- _YOUR ASSIGNMENT_
Within the listing, each line that has the string "Packet" should be copied.

--

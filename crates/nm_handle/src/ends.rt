//! The end of a world, once all of its ranks are back in one hand.

ghost use Rattle.std.specs.Prelude.{◌≡◌, ◌⊎◌, ◌<◌, ◌*◌, ◌∷◌, [], List, length, map, IfErr, IfOk};
ghost use Rattle.std.specs.Arc.{arc_value};
ghost use Rattle.std.specs.List.{AllByRecursion};
ghost use Rattle.nm_types.specs.declared.packets.Packet.{Packet};
ghost use Rattle.nm_types.specs.Sizes.{Sizes};
ghost use Rattle.nm_cells.specs.declared.port.Fabric.{Fabric};
ghost use Rattle.nm_copyring.specs.declared.port.Rings.{Rings};
ghost use Rattle.nm_process.specs.Playing.{AllInRange};
ghost use Rattle.nm_world.specs.Players.{PlayerInvariant};
ghost use Rattle.nm_world.specs.Runs.{InPlace};
ghost use Rattle.nm_calls.specs.Calling.{ahead, gave, shown};
ghost use Rattle.nm_world.specs.Actors.{did, seat_of};
ghost use Rattle.nm_handle.specs.Ends.{AreClosed, HaveRun, IsRestless, IsWhy, KeepsOpen};
ghost use Rattle.nm_handle.specs.declared.ends.Unended.TheVariants as unended;
ghost use Rattle.nm_handle.specs.declared.states.State.TheVariants as state_is;
ghost use Rattle.nm_handle.specs.Standing.{HasTurned, Stands, process_of};
ghost use Rattle.nm_handle.specs.Worlds.{AreRanksFrom, AreWorld};

use crate::handles::Handle;
use crate::states::State;
use crate::worlds::{Shared, add};
use nm_calls::{Calls, Fault};
use nm_rank::journal::Erased;
use nm_types::{Account, Memory, Shape};
use nm_world::{Player, Rested, Ways, are_at_rest, close_at_rest};
use std::alloc::Global;
use std::sync::Arc;

/// Why a world does not come to its end.
#[derive(Clone, Copy)]
pub enum Unended {
    /// A rank has failed.
    Failed,
    /// A rank can still move, or something is under way.
    Moves,
    /// Somebody else has a share in what the ranks share.
    Shared,
    /// Memory was refused.
    Memory,
}

impl From<Memory> for Unended {
    ghost use Rattle.std.specs.Prelude.{◌≡◌};
    ghost use Rattle.nm_handle.specs.declared.ends.Unended.TheVariants as unended;

    ghost from_gives = { λ _ e. e ≡ unended.Memory };

    fn from(_memory: Memory) -> Unended {
        Unended::Memory
    }
}

/// What is left of a world: whether no rank waits, the account of the cells, and what the closed ways between
/// ranks keep.
#[derive(Drop)]
pub struct Ended {
    pub done: bool,
    pub cells: Account,
    pub ways: Ways,
}

// A turn of a rank: whether it did anything.
fn turn(handle: &mut Handle) -> Result<bool, Unended>
    requires stands { Stands handle.old }
    ensures kept { Stands handle.new }
    ensures turned { IfOk result (λ _. HasTurned handle.old handle.new) }
    ensures moved { IfOk result (λ moved.
        moved ≡ did (arc_value handle.old.fabric).ranks handle.old.player.actor handle.new.player.actor) }
    ensures why { IfErr result (IsRestless handle.old handle.new) }
{
    match handle.progress() {
        Ok(moved) => Ok(moved),
        Err(Fault::Failed) => Err(Unended::Failed),
        Err(_) => Err(Unended::Memory),
    }
}

// Finds that a rank after a turn is at this place of the world that shares this.
fn check_place(handle: &Handle, place: usize, shared: &Shared) -> Result<(), Unended>
    ensures placed { IfOk result (λ _. (process_of handle.now).rank.me ≡ place) }
    ensures err { IfErr result (λ e. (e ≡ unended.Shared) ⊎ (e ≡ unended.Memory)) }
{
    let here = handle.me() as usize == place && handle.is_in(shared)?;
    if here { Ok(()) } else { Err(Unended::Shared) }
}

/// Makes a turn of the rank that is to be at this place of the world that shares this, and finds that it did nothing.
///
/// That it is of this world no clause says. It is asked for by what is shared, so long as nobody else takes or gives
/// back a share.
pub fn rest(handle: &mut Handle, place: usize, shared: &Shared) -> Result<(), Unended>
    requires stands { Stands handle.old }
    ensures kept { Stands handle.new }
    ensures turned { IfOk result (λ _. HasTurned handle.old handle.new) }
    ensures placed { IfOk result (λ _. (seat_of handle.new.player.actor).rank ≡ place) }
    ensures why { IfErr result (IsRestless handle.old handle.new) }
{
    let moved = turn(handle)?;
    if moved {
        Err(Unended::Moves)
    } else {
        check_place(handle, place, shared)
    }
}

// What the ranks of a world share.
fn shared_of(handles: &[Handle]) -> Result<Shared, Memory>
    requires some { 0 < length handles.now }
    ensures same { IfOk result (λ s. (shape : Sizes) (f : Fabric Packet) (r : Rings) →
        AreRanksFrom shape f r 0 handles.now → (arc_value s.fabric ≡ f) × (arc_value s.rings ≡ r)) }
{
    let shared = handles[0].share()?;
    Ok(shared)
}

// The player of a rank that has not failed.
fn player_of(handle: Handle) -> Result<Player<Calls, Erased>, Unended>
    requires stands { Stands handle }
    ensures same { IfOk result (λ x. x ≡ handle.player) }
    ensures stands { IfOk result (PlayerInvariant shown gave (arc_value handle.fabric) (arc_value handle.rings)) }
    ensures range { IfOk result (λ x. AllInRange x.source.ranks (ahead x.source)) }
    ensures failed { IfErr result (λ e. (e ≡ unended.Failed) × (handle.state ≡ state_is.Failed)) }
{
    let (player, state) = handle.into_player();
    // no step: that the calls are in range
    player.source.ranks();
    match state {
        State::Open => Ok(player),
        State::Closed => Ok(player),
        State::Failed => Err(Unended::Failed),
    }
}

// The players of ranks of which none has failed.
fn players_of(
    alloc: Global,
    shape: Shape,
    shared: &Shared,
    handles: Vec<Handle>,
) -> Result<Vec<Player<Calls, Erased>>, Unended>
    requires each { AreRanksFrom shape (arc_value shared.now.fabric) (arc_value shared.now.rings) 0
        handles.items }
    requires stands { AllByRecursion Stands handles.items }
    ensures place { IfOk result (λ v.
        InPlace shown gave shape (arc_value shared.now.fabric) (arc_value shared.now.rings) 0 v.items) }
    ensures range { IfOk result (λ v.
        AllByRecursion (λ x. AllInRange x.source.ranks (ahead x.source)) v.items) }
    ensures same { IfOk result (λ v. v.items ≡ map (λ h. h.player) handles.items) }
    ensures why { IfErr result (IsWhy handles.items) }
{
    let mut players = Vec::new(alloc);
    for handle in handles {
        let player = player_of(handle)?;
        add(&mut players, player)?;
    }
    Ok(players)
}

// What only one handle is left of.
fn sole<T: Drop>(shared: Arc<T, Global>) -> Result<T, Unended>
    ensures ok { IfOk result (λ x. x ≡ arc_value shared) }
    ensures err { IfErr result (λ e. e ≡ unended.Shared) }
{
    match Arc::try_unwrap(shared) {
        Ok(value) => Ok(value),
        Err(_) => Err(Unended::Shared),
    }
}

// Closes what players share that are in their places, if they are at rest.
fn close(
    alloc: Global,
    shape: Shape,
    shared: Shared,
    players: Vec<Player<Calls, Erased>>,
) -> Result<Rested<Calls, Erased>, Unended>
    requires many { length players.items ≡ shape.ranks }
    requires sizes { ((arc_value shared.fabric).ranks ≡ shape.ranks)
        × ((arc_value shared.rings).ranks ≡ shape.ranks) × ((arc_value shared.fabric).each ≡ shape.cells) }
    requires place { InPlace shown gave shape (arc_value shared.fabric) (arc_value shared.rings) 0
        players.items }
    ensures closed { IfOk result (AreClosed shape players.items) }
    ensures why { IfErr result (KeepsOpen players.items) }
{
    let Shared { fabric, rings } = shared;
    let rests = are_at_rest(players.as_slice(), &fabric);
    if !rests {
        return Err(Unended::Moves);
    }
    let fabric = sole(fabric)?;
    let rings = sole(rings)?;
    let rested = close_at_rest(alloc, shape, fabric, rings, players)?;
    Ok(rested)
}

/// Ends a world of which all ranks are given back and are at rest: none can move, and nothing is under way. A world
/// that is not is lost: so its ranks make turns before, until no turn moves anything.
///
/// Whatever the threads that drove the ranks called, in whichever order, the calls of the ranks and their answers
/// are those of a lawful run, what went from rank to rank is what it calls for, and all cells are home.
pub fn end(alloc: Global, shape: Shape, handles: Vec<Handle>) -> Result<Ended, Unended>
    requires world { AreWorld shape handles.items }
    requires stands { AllByRecursion Stands handles.items }
    ensures run { IfOk result (λ x. HaveRun shape handles.items x.done x.cells x.ways.cells x.ways.rings) }
    ensures all { IfOk result (λ x. x.cells.total ≡ shape.ranks * shape.cells) }
    ensures home { IfOk result (λ x. x.cells.home ≡ x.cells.total) }
    ensures why { IfErr result (IsWhy handles.items) }
{
    // no step: that there is a rank
    shape.ranks();
    let shared = shared_of(handles.as_slice())?;
    let players = players_of(alloc, shape, &shared, handles)?;
    let rested = close(alloc, shape, shared, players)?;
    let Rested {
        sources: _,
        ranks: _,
        pairs: _,
        cells,
        done,
        ways,
        kept: _,
    } = rested;
    Ok(Ended { done, cells, ways })
}
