//! Ranks that their callers drive: a world of ranks, each a handle that one thread calls.
//!
//! A `Handle` has a share of the fabric and the rings, its rank's ports and process, and no program: its caller
//! gives one command after another, which runs at once (`call`) or as soon as it can go on (`give`), and has it make
//! turns (`progress`), which send, take and run. It never waits for another rank. What happened exists in proofs
//! alone, but for the last event.
//!
//! # What a contract sees
//! The process of each handle, the calls that ran with their answers, and whether it is open.
//! # What is proved
//! - A handle stands (`Stands`) from its start on, after each call: its history is that of exactly the calls that
//!   ran, each with its answer, its ports carried what that history calls for, and so it is a rank at its place
//!   in a run (`world`: `new`; `call`, `give`, `progress`, `close`: `kept`).
//! - A call does what its command does to the process (`ran`), and tells its answer (`answer`); one that is
//!   refused does nothing, unless it was refused memory (`refused`), and each refusal has its cause (`cause`).
//! - A turn takes at most 140 word steps for each rank, and 2,048 (`Player::turn`).
//! - Where all ranks of a world are given back and are at rest, the calls of the ranks and their answers are those of
//!   a lawful run, whatever their callers did and in which order (`end`: `run`); where there is no end, it is said
//!   why (`why`). The ranks stay those of their world (`world`: `one`; `laws`).
//! - A rank that is at rest at its place is found so by a turn that did nothing (`rest`); ranks of one world, as many as
//!   it has and in order, are all of it (`laws`).
//! - The count of live requests is of calls and their answers (`HasCalled`, `HasTurned`: `live`).
//! # What is not
//! - That a count of live requests is that of the names in use; that `rest` refuses a rank of another world. Nothing here
//!   runs in a thread: that is left to the callers.
#![tactic(auto)]

mod ends;
mod handles;
pub mod laws;
mod states;
mod steps;
mod worlds;

pub use ends::{Ended, Unended, end, rest};
pub use handles::Handle;
pub use states::State;
pub use worlds::{Shared, world};
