//! What became of each message that was sent.

ghost use Rattle.std.specs.Prelude.{◌≡◌, ◌+◌, ◌<◌, ◌^◌, ◌&&◌, [], ◌∷◌, ◌++◌, true, not, length, replicate};
ghost use Rattle.std.specs.Prelude.{Some, option_map, slice_get, slice_index, slice_set};
ghost use Rattle.std.specs.Prelude.{IfOk, OnOk};
ghost use Rattle.nm_sending.specs.Departures.{IsMost, fresh, passes, row_of, was_undone, with_departure};
ghost use Rattle.nm_sending.specs.Rows.{fate, gone, stays};
ghost use Rattle.nm_sending.specs.declared.TheConstants.{MAX_MESSAGES};
ghost use Rattle.nm_sending.specs.declared.departures.Departure.{Departure};

use crate::departures::Departure;
use crate::rows::Row;
use nm_types::{How, Memory};
use std::alloc::Global;
use std::marker::Model;

/// What became of each message, by destination and number.
pub(crate) struct Table {
    rows: Vec<Row>,
    // the most messages that there are to any rank
    most: u64,
}

impl Drop for Table {
    fn drop(self) {
        let Table { rows: _, most: _ } = self;
    }
}

impl Model for Table {
    ghost use Rattle.std.specs.Prelude.{map};
    ghost use Rattle.nm_sending.specs.Departures.{IsMost, TableView};

    ghost Value = { TableView };

    ghost view = { λ a.
        record {
          rows = map (λ row. row.items) a.rows.items;
          room = map (λ row. row.room) a.rows.items;
          spare = map (λ row. row.spare) a.rows.items;
        } };

    ghost invariant = { λ a. IsMost (map (λ row. row.items) a.rows.items) a.most };
}

impl Table {
    /// No messages, to so many ranks.
    pub(crate) fn new(alloc: Global, ranks: u8) -> Result<Table, Memory>
        ensures { IfOk result (λ table. table.rows ≡ replicate ranks []) }
    {
        let mut rows = Vec::new(alloc);
        for _ in 0..ranks {
            rows.push(Row::new(alloc))?;
        }
        Ok(Table { rows, most: 0 })
    }

    /// How many messages to a rank there are.
    pub(crate) fn count(&self, to: u8) -> u64
        requires { to < length self.now.rows }
        ensures { result ≡ length (row_of self.now.rows to) }
    {
        self.rows[to as usize].count()
    }

    /// How many messages to a rank are in memory: those from the first on that may still leave.
    pub(crate) fn held(&self, to: u8) -> usize
        requires { to < length self.now.rows }
        ensures { gone (row_of self.now.rows to) + result ≡ length (row_of self.now.rows to) }
    {
        self.rows[to as usize].held()
    }

    /// The most messages that there are to any rank.
    pub(crate) fn most(&self) -> u64
        ensures { IsMost self.now.rows result }
    {
        self.most
    }

    /// What became of message `n` to a rank, if it was sent. Its way and its length may not be known.
    pub(crate) fn get(&self, to: u8, n: u64) -> Option<Departure>
        requires { to < length self.now.rows }
        ensures { option_map fate result
            ≡ option_map fate (slice_get (row_of self.now.rows to) n) }
    {
        self.rows[to as usize].get(n)
    }

    /// Makes room for one message more to a rank.
    pub(crate) fn reserve(&mut self, to: u8) -> Result<(), Memory>
        requires { to < length self.old.rows }
        ensures rows { self.new.rows ≡ self.old.rows }
        ensures ok { OnOk result (0 < slice_index self.new.room to) }
    {
        self.rows[to as usize].reserve()?;
        Ok(())
    }

    /// Makes room for one recall more from a rank.
    pub(crate) fn reserve_recall(&mut self, to: u8) -> Result<(), Memory>
        requires { to < length self.old.rows }
        ensures rows { self.new.rows ≡ self.old.rows }
        ensures ok { OnOk result (0 < slice_index self.new.spare to) }
    {
        self.rows[to as usize].reserve_recall()?;
        Ok(())
    }

    /// Adds the next message to a rank. There is room for it.
    pub(crate) fn push(&mut self, to: u8, how: How, len: u32)
        requires to { to < length self.old.rows }
        requires room { 0 < slice_index self.old.room to }
        requires few { length (row_of self.old.rows to) < MAX_MESSAGES }
        ensures { self.new.rows
            ≡ slice_set self.old.rows to (row_of self.old.rows to ++ fresh how len ∷ []) }
    {
        let row = &mut self.rows[to as usize];
        row.push(how, len);
        self.most = self.most.max(row.count());
    }

    /// A message has left.
    pub(crate) fn leave(&mut self, to: u8, n: u64)
        requires to { to < length self.old.rows }
        requires stays { passes stays (slice_get (row_of self.old.rows to) n) ≡ true }
        ensures { (d : Departure) → slice_get (row_of self.old.rows to) n ≡ Some d →
            self.new.rows ≡ with_departure self.old.rows to n (record d { out = true }) }
    {
        self.rows[to as usize].leave(n);
    }

    /// The receiver of a message was asked to withdraw it. There is room for that.
    pub(crate) fn recall(&mut self, to: u8, n: u64)
        requires to { to < length self.old.rows }
        requires room { 0 < slice_index self.old.spare to }
        requires is_new { passes (λ d. not d.recalled) (slice_get (row_of self.old.rows to) n) ≡ true }
        ensures { (d : Departure) → slice_get (row_of self.old.rows to) n ≡ Some d →
            self.new.rows ≡ with_departure self.old.rows to n (record d { recalled = true }) }
    {
        self.rows[to as usize].recall(n);
    }

    /// The answer to a message's recall came back, which had none.
    pub(crate) fn answer(&mut self, to: u8, n: u64, done: bool)
        requires to { to < length self.old.rows }
        requires recalled { passes (λ d. d.recalled && not (was_undone true d))
            (slice_get (row_of self.old.rows to) n) ≡ true }
        ensures { (d : Departure) → slice_get (row_of self.old.rows to) n ≡ Some d →
            self.new.rows ≡ with_departure self.old.rows to n (record d { undone = Some done }) }
    {
        self.rows[to as usize].answer(n, done);
    }
}
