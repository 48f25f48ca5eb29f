//! Why a call is refused.

ghost use Rattle.std.specs.Prelude.{◌≡◌, true, false, nat_le, nat_lt, ◌&&◌, IfErr, IfOk};
ghost use Rattle.nm_types.specs.declared.limits.TheConstants.{MAX_BODY, MAX_CAPACITY, MAX_TAG};
ghost use Rattle.nm_types.specs.Bodies.{body_len};
ghost use Rattle.nm_types.specs.Limits.{is_in_range, is_peer, is_pick};
ghost use Rattle.nm_calls.specs.Refusing.{IsOutOfRange, is_of_range};

use nm_types::{
    Body, Command, MAX_BODY, MAX_CAPACITY, MAX_CONTEXT, MAX_NAME, MAX_TAG, Memory, Peer, TagPick,
};

/// Why a call is refused, or was broken off.
#[derive(Clone, Copy, Debug, PartialEq)]
pub enum Fault {
    /// The name of a request or of a handle is above its limit.
    Name,
    /// The rank is none of the world.
    Rank,
    /// The tag is above its limit.
    Tag,
    /// The context is above its limit.
    Context,
    /// The body, or the capacity of a receive, is above its limit.
    Length,
    /// A command that was given has still to run.
    Waits,
    /// The rank is closed.
    Closed,
    /// The rank has used up its numbers.
    Worn,
    /// Memory was refused: the rank has failed.
    Memory,
    /// The rank failed before.
    Failed,
}

impl From<Memory> for Fault {
    ghost use Rattle.std.specs.Prelude.{◌≡◌};
    ghost use Rattle.nm_calls.specs.declared.faults.Fault.TheVariants as fault;

    ghost from_gives = { λ _ e. e ≡ fault.Memory };

    fn from(_memory: Memory) -> Fault {
        Fault::Memory
    }
}

// That this holds, or this fault.
fn check(holds: bool, fault: Fault) -> Result<(), Fault>
    ensures ok { IfOk result (λ _. holds ≡ true) }
    ensures err { IfErr result (λ e. (holds ≡ false) × (e ≡ fault)) }
{
    if holds { Ok(()) } else { Err(fault) }
}

// That a source is a rank of so many, or any.
fn check_peer(ranks: u8, from: Peer) -> Result<(), Fault>
    ensures ok { IfOk result (λ _. is_peer ranks from ≡ true) }
    ensures err { IfErr result (λ e. (is_of_range e ≡ true) × (is_peer ranks from ≡ false)) }
{
    match from {
        Peer::Any => Ok(()),
        Peer::One(rank) => check(rank < ranks, Fault::Rank),
    }
}

// That a tag is within its limit, or any.
fn check_pick(tag: TagPick) -> Result<(), Fault>
    ensures ok { IfOk result (λ _. is_pick tag ≡ true) }
    ensures err { IfErr result (λ e. (is_of_range e ≡ true) × (is_pick tag ≡ false)) }
{
    match tag {
        TagPick::Any => Ok(()),
        TagPick::One(tag) => check(tag <= MAX_TAG, Fault::Tag),
    }
}

// That a body is within its limit.
fn check_body(body: &Body) -> Result<(), Fault>
    ensures ok { IfOk result (λ _. nat_le (body_len body.now) MAX_BODY ≡ true) }
    ensures err { IfErr result (λ e. (is_of_range e ≡ true)
        × (nat_le (body_len body.now) MAX_BODY ≡ false)) }
{
    match body {
        Body::Hex(bytes) => check(bytes.len() <= MAX_BODY as usize, Fault::Length),
        Body::Gen(len) => check(*len <= MAX_BODY, Fault::Length),
    }
}

// That the source and the tag of a receive or a probe are in range.
fn check_wanted(ranks: u8, from: Peer, tag: TagPick, context: u8) -> Result<(), Fault>
    ensures ok { IfOk result (λ _. (is_peer ranks from ≡ true) × (is_pick tag ≡ true)
        × (nat_le context MAX_CONTEXT ≡ true)) }
    ensures err { IfErr result (λ e. (is_of_range e ≡ true)
        × ((is_peer ranks from && is_pick tag && nat_le context MAX_CONTEXT) ≡ false)) }
{
    check_peer(ranks, from)?;
    check_pick(tag)?;
    check(context <= MAX_CONTEXT, Fault::Context)
}

/// That the arguments of a command are in range, or which are not.
pub fn check_range(ranks: u8, command: &Command) -> Result<(), Fault>
    ensures ok { IfOk result (λ _. is_in_range ranks command.now ≡ true) }
    ensures err { IfErr result (IsOutOfRange ranks command.now) }
{
    match command {
        Command::Send {
            to,
            q,
            tag,
            ctx,
            sync: _,
            body,
        } => {
            check(*q <= MAX_NAME, Fault::Name)?;
            check(*to < ranks, Fault::Rank)?;
            check(*tag <= MAX_TAG, Fault::Tag)?;
            check(*ctx <= MAX_CONTEXT, Fault::Context)?;
            check_body(body)
        }
        Command::Recv {
            q,
            from,
            tag,
            ctx,
            cap,
        } => {
            check(*q <= MAX_NAME, Fault::Name)?;
            check_wanted(ranks, *from, *tag, *ctx)?;
            check(*cap <= MAX_CAPACITY, Fault::Length)
        }
        Command::Wait { q } => check(*q <= MAX_NAME, Fault::Name),
        Command::Test { q } => check(*q <= MAX_NAME, Fault::Name),
        Command::Probe { from, tag, ctx } => check_wanted(ranks, *from, *tag, *ctx),
        Command::Await { from, tag, ctx } => check_wanted(ranks, *from, *tag, *ctx),
        Command::Cancel { q } => check(*q <= MAX_NAME, Fault::Name),
        Command::Mprobe { m, from, tag, ctx } => {
            check(*m <= MAX_NAME, Fault::Name)?;
            check_wanted(ranks, *from, *tag, *ctx)
        }
        Command::Mrecv { q, m, cap } => {
            check(*q <= MAX_NAME, Fault::Name)?;
            check(*m <= MAX_NAME, Fault::Name)?;
            check(*cap <= MAX_CAPACITY, Fault::Length)
        }
    }
}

--

- _ANSWER SPACE_
ghost use Rattle.nm_types.specs.declared.packets.Packet.{Packet};
    ensures same { IfOk result (λ s. (shape : Sizes) (f : Fabric Packet) (r : Rings) →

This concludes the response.